## Directions
Find every line in the records below that holds the word "text" and copy it.

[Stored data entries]
+++

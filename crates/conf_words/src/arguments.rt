// The arguments that several subcommands take.
ghost use Rattle.std.specs.Prelude.{◌≡◌};
ghost use Rattle.conf_words.specs.Invocations.{reporting_in};

use crate::invocation::Reporting;
use command_line::{Argument, Form, Matches, Relation};

/// The folder of a store.
pub(crate) const FOLDER: &str = "FOLDER";

pub(crate) const FOLDER_ARGUMENT: Argument = Argument {
    name: FOLDER,
    help: "The store's folder; after `--` if it begins with `-`",
    form: Form::Required,
    relation: Relation::Free,
};

/// The name of a configuration.
pub(crate) const NAME: &str = "NAME";

pub(crate) const NAME_ARGUMENT: Argument = Argument {
    name: NAME,
    help: "The name of the configuration; after `--` if it begins with `-`",
    form: Form::Required,
    relation: Relation::Free,
};

/// The JSON Pointer that may be left out: then it stands for the whole configuration.
pub(crate) const POINTER: &str = "POINTER";

pub(crate) const POINTER_ARGUMENT: Argument = Argument {
    name: POINTER,
    help: "A JSON Pointer, as /port; the whole configuration if it is left out",
    form: Form::Optional,
    relation: Relation::Free,
};

/// The pointer to a whole configuration.
pub(crate) const WHOLE: &str = "";

/// The name of an argument that is a file, or any number of them.
pub(crate) const FILE: &str = "FILE";

/// The name of the flag that has a text read, or records written, as YAML.
pub(crate) const YAML: &str = "yaml";

/// The flag that has more said of a text that is refused.
pub(crate) const EXPLAIN: &str = "explain";

pub(crate) const EXPLAIN_ARGUMENT: Argument = Argument {
    name: EXPLAIN,
    help: "Shows the line at fault of a refused text, and says what to do",
    form: Form::Flag,
    relation: Relation::Free,
};

/// How much the words have said of a text that is refused.
pub(crate) fn reporting_of(words: &Matches<'_>) -> Reporting
    ensures { result ≡ reporting_in words.now }
{
    if words.flag(EXPLAIN) {
        Reporting::Explained
    } else {
        Reporting::Brief
    }
}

+++

## Solution for this problem
/// The name of the flag that has a text read, or records written, as YAML.
/// The flag that has more said of a text that is refused.
    help: "Shows the line at fault of a refused text, and says what to do",
/// How much the words have said of a text that is refused.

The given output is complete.